小原:生涯に何度も出会い、社会的やり取りをする動物で、かつ自分に対する相手の過去の対応を記憶できる動物では、ゴチゴチの利己主義者に成功はほとんど期待できません。人間を代表とするこのような動物では「情けは他人(ひと)の為ならず」(他人への施しは巡り巡って己に還ってくる)、あるいは「互恵的利他行動」が進化するとされています。

――本書の末尾で、特殊な環境に適応した種は絶滅の危険性が高いこと、また地球上の生物はすべて地殻変動に伴う絶滅の危険にさらされていることが説明されています。先生は現在の人間はどのような立場にいるとお考えですか。また、人間の将来はどんなものになるのでしょうか。

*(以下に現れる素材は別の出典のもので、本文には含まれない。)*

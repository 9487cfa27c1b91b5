//! The entries of a directory.

ghost use Rattle.std.specs.Prelude.{◌≡◌, ℕ, ◌+◌, ◌-◌, ◌*◌, ◌/◌, ◌^◌, ◌<◌, ◌≤◌, nat_lt, ◌==◌, ◌&&◌, Bool, true, false, List, [], ◌∷◌, ◌++◌, length, drop, replicate, Some, Ok, Err, MatchResult, MatchOption, IfOk, OnOk};
ghost use Rattle.byteorder.specs.Endian.{little_bytes};
ghost use Rattle.file_tree.specs.declared.kind.Kind.TheVariants.{Dir};
ghost use Rattle.file_tree.specs.Nodes.{Has, kind_in, linked_in, node_in};
ghost use Rattle.file_table.specs.declared.state.Target.TheVariants as targets;
ghost use Rattle.file_table.specs.Due.{Lists};
ghost use Rattle.file_table.specs.Entries.{IsDirectory, IsListed, Pushed, entries, entry_at, entry_bytes, entry_size, entry_with, fitted, kind_byte, list, lists, listed_in, parent_by};

use crate::fault::FileFault;
use crate::files::Files;
use crate::state::Target;
use file_tree::{Errno, Inode, Kind, Text, Tree};
use std::alloc::{AllocError, Global};

/// The bytes of an entry in front of its name.
const HEAD: usize = 19;

impl Files {
    /// Writes the entries of a directory to a buffer, from the description's offset on, and tells how many bytes they have.
    /// The offset is that of the first entry that doesn't fit then. The directory itself and the one above it come first,
    /// then its names in rising order. Its cost is in the bytes of its names, and for each entry that fits that of a walk;
    /// its memory is that of its names and of what fits.
    ///
    /// It is refused with `EBADF` where the descriptor isn't open, then with `ENOTDIR` where it is open for no directory, then
    /// with `ENOENT` where the directory was unlinked, and with `EINVAL` where the first entry doesn't fit.
    ///
    /// References: getdents64(2).
    #[tactic(auto, unfolding(crate::specs::Entries::list))]
    pub fn list(&mut self, alloc: Global, fd: u64, into: &mut [u8]) -> Result<usize, FileFault>
        ensures { Lists result (list fd (length into.old) self.old) into.old into.new self.old self.new }
    {
        match self.open_as(fd) {
            Some((number, it)) => match it.target {
                Target::Node(inode) => {
                    match listed(&self.tree, alloc, inode, it.offset, into.len()) {
                        Ok((out, next)) => {
                            let count = out.len();
                            into[..count].copy_from_slice(out.as_slice());
                            self.change(number, it, it.flags, next);
                            Ok(count)
                        }
                        Err(fault) => Err(fault),
                    }
                }
                Target::Device(_) | Target::Pipe { .. } => { Err(FileFault::Errno(Errno::ENOTDIR)) }
            },
            None => Err(FileFault::Errno(Errno::EBADF)),
        }
    }
}

/// The entries of what is open that fit, and the index of the next one.
fn listed(
    tree: &Tree,
    alloc: Global,
    inode: Inode,
    from: u64,
    room: usize,
) -> Result<(Vec<u8>, u64), FileFault>
    requires { Has tree.now inode }
    ensures { MatchResult result (λ made. (listed_in (targets.Node inode) room from tree.now ≡ Ok (record { bytes = made.0.items; next = made.1 })) × (length made.0.items ≤ room)) (IsListed (listed_in (targets.Node inode) room from tree.now)) }
{
    match tree.kind(inode) {
        Kind::File => Err(FileFault::Errno(Errno::ENOTDIR)),
        Kind::Dir => match parent(tree, inode) {
            Some(up) => listed_directory(tree, alloc, inode, up, from, room),
            None => Err(FileFault::Errno(Errno::ENOENT)),
        },
    }
}

/// The directory above one, which has none where it was unlinked.
fn parent(tree: &Tree, inode: Inode) -> Option<Inode>
    requires { kind_in tree.now inode ≡ Some Dir }
    ensures { MatchOption result (linked_in tree.now inode ≡ false) (λ up. (linked_in tree.now inode ≡ true) × (up ≡ parent_by (node_in tree.now.nodes inode)) × Has tree.now up) }
{
    match tree.walk(inode, b"..") {
        Ok(up) => Some(up),
        Err(_) => None,
    }
}

/// The entries of a directory that fit.
fn listed_directory(
    tree: &Tree,
    alloc: Global,
    inode: Inode,
    up: Inode,
    from: u64,
    room: usize,
) -> Result<(Vec<u8>, u64), FileFault>
    requires kind { kind_in tree.now inode ≡ Some Dir }
    requires linked { linked_in tree.now inode ≡ true }
    requires parent { up ≡ parent_by (node_in tree.now.nodes inode) }
    requires above { Has tree.now up }
    ensures { MatchResult result (λ made. (lists room from (drop from (entries inode tree.now)) tree.now ≡ Ok (record { bytes = made.0.items; next = made.1 })) × (length made.0.items ≤ room)) (IsListed (lists room from (drop from (entries inode tree.now)) tree.now)) }
{
    let _ = tree.root();
    match tree.names(alloc, inode) {
        Ok(names) => {
            let mut out = Vec::new(alloc);
            match push_entries(tree, inode, up, names.as_slice(), from, room, &mut out) {
                Ok(next) => {
                    if none_fits(out.as_slice(), from, names.as_slice()) {
                        return Err(FileFault::Errno(Errno::EINVAL));
                    }
                    Ok((out, next))
                }
                Err(_) => Err(FileFault::Memory),
            }
        }
        Err(_) => Err(FileFault::Memory),
    }
}

/// Whether there is an entry of this index in a directory that has these names.
fn is_within(index: u64, names: &[Text]) -> bool
    ensures { result ≡ nat_lt index (length names.now + 2) }
{
    index < 2 || index - 2 < names.len() as u64
}

/// Whether there is an entry of this index, and none fitted.
fn none_fits(made: &[u8], index: u64, names: &[Text]) -> bool
    ensures { result ≡ ((length made.now == 0) && nat_lt index (length names.now + 2)) }
{
    made.is_empty() && is_within(index, names)
}

/// Adds the entries that fit, from an index on, and tells the index of the next one.
fn push_entries(
    tree: &Tree,
    inode: Inode,
    up: Inode,
    names: &[Text],
    from: u64,
    room: usize,
    out: &mut Vec<u8>,
) -> Result<u64, AllocError>
    requires directory { IsDirectory tree.now inode up names.now }
    requires none { out.old.items ≡ [] }
    ensures listed { IfOk result (λ next. fitted room from (drop from (entries inode tree.now)) tree.now ≡ record { bytes = out.new.items; next = next }) }
    ensures low { OnOk result (length out.new.items ≤ room) }
{
    let mut index = from;
    'listing: while is_within(index, names) {
        if !push_at(tree, inode, up, names, index, room - out.len(), out)? {
            return Ok(index);
        }
        index += 1;
    }
    Ok(index)
}

/// Adds the entry of an index, if there is room, and tells whether there is.
fn push_at(
    tree: &Tree,
    inode: Inode,
    up: Inode,
    names: &[Text],
    index: u64,
    room: usize,
    out: &mut Vec<u8>,
) -> Result<bool, AllocError>
    requires directory { IsDirectory tree.now inode up names.now }
    requires within { index < length names.now + 2 }
    requires low { index + 1 < 2 ^ 64 }
    ensures { IfOk result (λ fits. Pushed fits (entry_at index inode tree.now) index room tree.now out.old.items out.new.items) }
{
    match index {
        0 => push_fitting(tree, index, b".", inode, room, out),
        1 => push_fitting(tree, index, b"..", up, room, out),
        _ => {
            let name = names[index as usize - 2].as_str().as_bytes();
            match tree.walk(inode, name) {
                Ok(entry) => push_fitting(tree, index, name, entry, room, out),
                Err(_) => unreachable!(),
            }
        }
    }
}

/// Adds an entry, if there is room, and tells whether there is.
fn push_fitting(
    tree: &Tree,
    index: u64,
    name: &[u8],
    inode: Inode,
    room: usize,
    out: &mut Vec<u8>,
) -> Result<bool, AllocError>
    requires there { Has tree.now inode }
    requires short { length name.now ≤ 255 }
    requires low { index + 1 < 2 ^ 64 }
    ensures { IfOk result (λ fits. Pushed fits (name.now, inode) index room tree.now out.old.items out.new.items) }
{
    if room < entry_size(name) {
        return Ok(false);
    }
    push_entry(out, index + 1, name, inode, kind_byte(tree.kind(inode)))?;
    Ok(true)
}

/// The bytes of an entry.
fn entry_size(name: &[u8]) -> usize
    requires { length name.now ≤ 255 }
    ensures { result ≡ entry_size name.now }
{
    8 * ((name.len() + 27) / 8)
}

/// The number of a kind.
fn kind_byte(kind: Kind) -> u8
    ensures { result ≡ kind_byte (Some kind) }
{
    match kind {
        Kind::Dir => 4,
        Kind::File => 8,
    }
}

/// Adds an entry.
fn push_entry(
    out: &mut Vec<u8>,
    next: u64,
    name: &[u8],
    inode: Inode,
    kind: u8,
) -> Result<(), AllocError>
    requires { length name.now ≤ 255 }
    ensures { OnOk result (out.new.items ≡ out.old.items ++ entry_with next name.now inode kind) }
{
    let size = entry_size(name);
    push_head(out, next, size, inode, kind)?;
    out.extend_from_slice(name)?;
    match push_zeros(out, size - HEAD - name.len()) {
        Ok(()) => Ok(()),
        Err(error) => Err(error),
    }
}

/// Adds what stands in front of an entry's name.
fn push_head(
    out: &mut Vec<u8>,
    next: u64,
    size: usize,
    inode: Inode,
    kind: u8,
) -> Result<(), AllocError>
    requires { size < 65536 }
    ensures { OnOk result (out.new.items ≡ out.old.items ++ (little_bytes 8 inode ++ little_bytes 8 next ++ little_bytes 2 size ++ kind ∷ [])) }
{
    out.extend_from_slice(&inode.to_le_bytes())?;
    out.extend_from_slice(&next.to_le_bytes())?;
    out.extend_from_slice(&(size as u16).to_le_bytes())?;
    match out.extend_from_slice(&[kind]) {
        Ok(()) => Ok(()),
        Err(error) => Err(error),
    }
}

/// Adds zeros.
fn push_zeros(out: &mut Vec<u8>, count: usize) -> Result<(), AllocError>
    requires { count < 65536 }
    ensures { OnOk result (out.new.items ≡ out.old.items ++ replicate count 0) }
{
    let end = out.len() + count;
    match out.resize(end, 0) {
        Ok(()) => Ok(()),
        Err(error) => Err(error),
    }
}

小原:一般の動物は自らの形質を環境に合わせることによって生き延びてきました。それに対し、人間は自らの生物形質を変えることをしないで、逆に知能の力で自分の周りの局所的環境を自分に合うように変えて対応する稀有な動物です。たとえば衣類、家屋、冷暖房、銃火器等による他の動物からの防衛、病害虫などに対する医療技術などは、すべて姿かたちを変える代わりに知能によって生み出したものですが、これによって人間は自分の形質を変えることなく、普通なら生存不可能な高温下、あるいは酷寒の環境などでも生き延びることができるようになりました。戦争などによる殺し合いが無ければ、人間は一般の動物よりもしぶとく生き延びるのではないでしょうか。人間が絶滅の崖っぷちにいるとは考えていません。

――本書では動物たちのユニークな行動がいろいろ紹介されています。たとえばナナホシテントウの雄はココノホシテントウの雌にも交尾しようとすることや、餌を分け与えあうチスイコウモリなどです。紹介されている行動のなかで、とくに先生にとって印象深いケースはなんですか。

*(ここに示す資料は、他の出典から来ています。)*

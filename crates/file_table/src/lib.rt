//! The descriptors of a process, the descriptions of open files that they name, its devices and pipes, and its tree of files.
//!
//! # Model
//!
//! Contracts see `Files` as its tree, its 256 descriptors by number, its descriptions by number, its devices with what was
//! written to each and what came in and wasn't read, and its pipes by number, each as its bytes with whether each end is open.
//! `opened`, `piped`, `dup`, `close`, `read`, `write` and their like of `specs/` say what each call answers and leaves; after a
//! refusal, want of memory or an answer that it would wait all is as before.
//!
//! `peek` and `peek_at` lend the bytes of a file that `read` and `read_at` would copy, and `advance` moves the offset as the read
//! would. `standing` tells how many bytes of a pipe or a device stand ready, so that a read of them needs no larger buffer.
//!
//! # What the layer above knows
//!
//! Of every table `IsSound` holds: an open descriptor names a description, each description is named by a descriptor, an
//! entry of the tree is held as often as descriptions name it, a device is named by one description at most and lives while it
//! is, and so is an end of a pipe, which is open while it is. `tree` tells it at any time. An entry is let go with its last
//! description, and so is a device; a pipe goes with its last end.
//!
//! # Cost
//!
//! A call looks at descriptors, descriptions and pipes one after another where it needs a free one, or closes one: at most 256
//! of each. Beside that it costs what the call on the tree costs; a read or a write costs its bytes.
//!
//! # Sources
//!
//! open(2), dup(2), fcntl(2), close(2), pipe(2), pipe(7), read(2), write(2), pread(2), lseek(2), ftruncate(2), poll(2),
//! getdents64(2). The bounds, and
//! that devices take all bytes, are the project's own.
#![tactic(auto)]

mod descriptors;
mod fault;
mod files;
mod listing;
mod moving;
mod opening;
mod paths;
mod pipes;
mod piping;
mod state;
mod waiting;

pub use descriptors::Closed;
pub use fault::FileFault;
pub use files::Files;
pub use pipes::{Input, Pipe};
pub use state::{Description, Descriptor, Device, Opened, Target};

#[cfg(test)]
mod pipe_tests;
#[cfg(test)]
mod tests;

小原:ある種の動物の雌による息子と娘の産み分けでしょう。人間の女性もまたこの能力を備えていると確信しています。東京のある産院では、若いカップルの希望に応じて男児と女児の生み分けのための産科的指導をしていますが、その結果は女性に男女を産み分ける潜在的能力があることを示しています。

――今後の先生の研究課題、テーマをお教えください。

小原:3つ考えられます。まず、進化発生生物学(エボデボ)を中心とした進化分子遺伝学的研究による「遺伝子系統樹」の追究。次に上の質問とダブりますが、本書でも少し触れた表現型の中立進化の追究。3つめとして遺伝子の水平伝搬あるいは雑種からの種形成の追究です。

――最後に、読者へのメッセージを一言いただけますか?

小原:今、進化は実に面白い。繰り返しになりますが、世界に先駆けて木村資生が敷いた「分子レベルの中立進化」を表現型の中立進化へと展開することはそのひとつで、面白い宝の山であるといえます。チャンスが到来しています。ノーベル賞級の研究です。若い研究者にもぜひ挑戦してほしいと思います。

小原嘉明(おばら・よしあき)

1942年福島県生まれ。東京農工大学農学部卒業。1985年同大学教授。1997~2005年イギリスケンブリッジ大学にて同大マジェラス教授と共同研究。2007年より東京農工大学名誉教授。宮城教育大学協力研究員.理学博士.専攻・動物行動学。著書『モンシロチョウ――キャベツ畑の動物行動学』(中公新書、2003)、『暗闇の釣り師グローワーム』(福音館書店「たくさんのふしぎ」、2015)、『アオムシの歩く道』(福音館書店「たくさんのふしぎ」、2013)、『進化を飛躍させる新しい主役――モンシロチョウの世界から』(岩波ジュニア新書、2012)、『イヴの乳――動物行動学から見た子育ての進化と変遷』(東京書籍、2005)、『恋の動物行動学――モテるモテないは、何で決まる?』(日本経済新聞社、2000)、『父親の進化――仕組んだ女と仕組まれた男』(講談社、1998)、 『行動生物学』(培風館、1997)、『みつばち家族の大冒険』(偕成社、1992)、『入門 動物の行動』(岩波書店、1986)など。